Agravo interno não provido. (STJ - AgInt no AREsp: 1319078 MS 2018/0164552-6, Relator: Ministro LUIS FELIPE SALOMÃO, Data de Julgamento: 06/11/2018, T4 - QUARTA TURMA, Data de Publicação: DJe 09/11/2018) (Grifei) Assim, afasto as alegações de decadência e prescrição do contrato.
Analisada(s) a(s) preliminar(es) e as prejudiciais de mérito, passo ao exame do mérito.
No caso, a parte autora alega que não celebrou o contrato n. 14551685, sendo este fraudulento.
Por sua vez, a parte requerida, alega que o contrato foi realizado pela parte autora e que o valor foi disponibilizado em sua conta.
Tem-se, no caso, nítida relação de consumo existente entre a empresas demandadas e a parte autora.
Apesar de a parte autora negar qualquer relação com a parte requerida, aquela pode ser considerada consumidora por equiparação, na forma do que prevê o art. 17 do CDC, aplicando-se, assim, as demais disposições do aludido diploma legal.
Nesse sentido, a autora e o réu amoldam-se aos conceitos de consumidor e fornecedor previstos, respectivamente, nos arts. 2º e 3º, do Código de Defesa do Consumidor.
Nesse passo, a responsabilidade da parte demandada, por eventuais danos ocorridos, é objetiva, consoante o art. 14 do Código de Defesa do Consumidor.
A responsabilidade decorre dos riscos criados pela colocação de seus serviços no mercado de consumo, devendo responder pelos danos acaso ocorridos.
Por outro lado, o art. 14, § 3º, II, do CDC, prevê expressamente que o fornecedor do serviço não será responsabilizado quando provar a culpa exclusiva do consumidor ou de terceiro.
A estas duas hipóteses de exclusão, expressamente previstas na legislação, parcela da doutrina e a jurisprudência acrescem outras duas, quais sejam, o caso fortuito e a força maior.

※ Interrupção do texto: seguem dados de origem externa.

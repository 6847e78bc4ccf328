//! Values: `null`, `bool true`, `unsigned 7`, `signed -7`, `enum 1` or `enum active`, `active`, `object 5:1`,
//! `text 6F6E`, `text/4 0041`, `bits 4 F0`, `other 10 7C0C1601`, `built 0901`; several are parted by `, `.

ghost use Rattle.std.specs.Prelude.{◌≡◌, ◌⊎◌, IfOk, IfErr, option_map};
ghost use Rattle.tags.specs.Value.{IsSound};
ghost use Rattle.words.specs.Says.{SaysBool, SaysEnumerated, SaysNumbered, SaysSet, SaysState, SaysValue};
ghost use Rattle.words.specs.Requests.{SaysGiven, SaysValues};
ghost use Rattle.words.specs.NoRequests.{NoGiven, NoValues};
ghost use Rattle.words.specs.Unsaid.{NoBool, NoEnumerated, NoNumbered, NoSet, NoState, NoValue, SaysUnsound};

use crate::octets::{parse_i32, parse_octets, parse_u8, parse_u32};
use crate::parts::{cut_at, cut_first};
use crate::reference::parse_object;
use crate::unread::Unread;
use names::{binary_values, number_in};
use primitives::Values;
use std::alloc::Allocator;
use tags::{Items, Octets, Value};

/// The value that words say, which has a spelling.
///
/// # Errors
/// `Memory`, `Sound` for a value without a spelling, or what is missing of the words.
pub fn parse_value<A: Allocator + Copy>(alloc: A, words: &str) -> Result<Value<A>, Unread>
    ensures read { IfOk result (SaysValue words.now) }
    ensures sound { IfOk result IsSound }
    ensures refused { IfErr result (λ e. (e ≡ Unread.Memory) ⊎ NoValue A words.now ⊎
        ((e ≡ Unread.Sound) × SaysUnsound A words.now)) }
{
    let value = any_value(alloc, words)?;
    if !value.is_sound() {
        return Err(Unread::Sound);
    }
    Ok(value)
}

/// The values that words parted by `, ` say, none where there is no word. They need not have a
/// spelling.
///
/// # Errors
/// `Memory`, or what is missing of the words.
#[tactic(auto, using(crate::proofs::Lists::values_laws))]
pub fn parse_values<A: Allocator + Copy>(alloc: A, words: &str) -> Result<Values<A>, Unread>
    ensures read { IfOk result (SaysValues words.now) }
    ensures refused { IfErr result (λ e. (e ≡ Unread.Memory) ⊎ NoValues A words.now) }
{
    if words.is_empty() {
        return Ok(Items::new(alloc));
    }
    given_values(alloc, Some(words))
}

/// The values that words say, if there are words.
#[tactic(auto, using(crate::proofs::Lists::list_laws))]
pub(crate) fn given_values<A: Allocator + Copy>(
    alloc: A,
    words: Option<&str>,
) -> Result<Values<A>, Unread>
    ensures read { IfOk result (SaysGiven (option_map (λ w. w.now) words.entry)) }
    ensures refused { IfErr result (λ e. (e ≡ Unread.Memory) ⊎ NoGiven A (option_map (λ w. w.now) words.entry)) }
{
    let mut all = Items::new(alloc);
    let mut rest = words;
    while let Some(here) = rest {
        let (one, others) = cut_first(here, ", ");
        all.push(any_value(alloc, one)?)?;
        rest = others;
    }
    Ok(all)
}

/// The value that words say, with a spelling or without.
#[tactic(auto, using(crate::proofs::Unsaid::no_text, crate::proofs::Unsaid::no_word))]
fn any_value<A: Allocator + Copy>(alloc: A, words: &str) -> Result<Value<A>, Unread>
    ensures read { IfOk result (SaysValue words.now) }
    ensures refused { IfErr result (λ e. (e ≡ Unread.Memory) ⊎ NoValue A words.now) }
{
    let Some((kind, rest)) = cut_at(words, ' ') else {
        return match words {
            "null" => Ok(Value::Null),
            _ => Ok(Value::Enum(state(words)?)),
        };
    };
    match kind {
        "bool" => Ok(Value::Bool(flag(rest)?)),
        "unsigned" => Ok(Value::Unsigned(parse_u32(rest)?)),
        "signed" => Ok(Value::Signed(parse_i32(rest)?)),
        "enum" => Ok(Value::Enum(enumerated(rest)?)),
        "object" => Ok(Value::Object(parse_object(rest)?)),
        "bits" => {
            let (unused, octets) = numbered(alloc, rest)?;
            Ok(Value::Bits { unused, octets })
        }
        "other" => {
            let (tag, octets) = numbered(alloc, rest)?;
            Ok(Value::Other { tag, octets })
        }
        "built" => Ok(Value::Built(parse_octets(alloc, rest)?)),
        _ => {
            let set = set_of(kind)?;
            let octets = parse_octets(alloc, rest)?;
            Ok(Value::Text { set, octets })
        }
    }
}

/// A Boolean.
fn flag(word: &str) -> Result<bool, Unread>
    ensures read { IfOk result (SaysBool word.now) }
    ensures refused { IfErr result (λ e. NoBool word.now) }
{
    match word {
        "true" => Ok(true),
        "false" => Ok(false),
        _ => Err(Unread::Value),
    }
}

/// The number of a state of a binary value, as `active`.
fn state(word: &str) -> Result<u32, Unread>
    ensures read { IfOk result (SaysState word.now) }
    ensures refused { IfErr result (λ e. NoState word.now) }
{
    match number_in(binary_values(), word) {
        Some(state) => Ok(state),
        None => Err(Unread::Value),
    }
}

/// The number of an Enumerated, which a word says by that or as a state of a binary value.
#[tactic(auto, using(crate::proofs::Unsaid::enumerated_laws))]
fn enumerated(word: &str) -> Result<u32, Unread>
    ensures read { IfOk result (SaysEnumerated word.now) }
    ensures refused { IfErr result (λ e. NoEnumerated word.now) }
{
    match state(word) {
        Ok(state) => Ok(state),
        Err(_) => parse_u32(word),
    }
}

/// The set that stands behind `text/`, or set 0 for `text`.
fn set_of(kind: &str) -> Result<u8, Unread>
    ensures read { IfOk result (SaysSet kind.now) }
    ensures refused { IfErr result (λ e. NoSet kind.now) }
{
    match cut_at(kind, '/') {
        Some(("text", set)) => parse_u8(set),
        None if kind == "text" => Ok(0),
        _ => Err(Unread::Value),
    }
}

/// The unused bits of a Bit String or the number of a tag, and the octets behind it.
#[tactic(auto, using(crate::proofs::Unsaid::no_number, crate::proofs::Unsaid::no_octets))]
fn numbered<A: Allocator + Copy>(alloc: A, words: &str) -> Result<(u8, Octets<A>), Unread>
    ensures read { IfOk result (λ x. SaysNumbered words.now x.0 x.1) }
    ensures refused { IfErr result (λ e. (e ≡ Unread.Memory) ⊎ NoNumbered words.now) }
{
    let Some((number, word)) = cut_at(words, ' ') else {
        return Err(Unread::Value);
    };
    Ok((parse_u8(number)?, parse_octets(alloc, word)?))
}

Quanto ao caso fortuito, não custa destacar que a jurisprudência distingue o fortuito interno do fortuito externo.
O primeiro está relacionado com a atividade da empresa e com os riscos dessa atividade.
Por seu turno, o segundo decorre de fato completamente estranho à atividade desenvolvida.
No tocante às instituições financeiras, o STJ sumulou o entendimento de que a responsabilidade é objetiva, em se tratando de fortuito interno relativo a fraudes e delitos cometidos por terceiros.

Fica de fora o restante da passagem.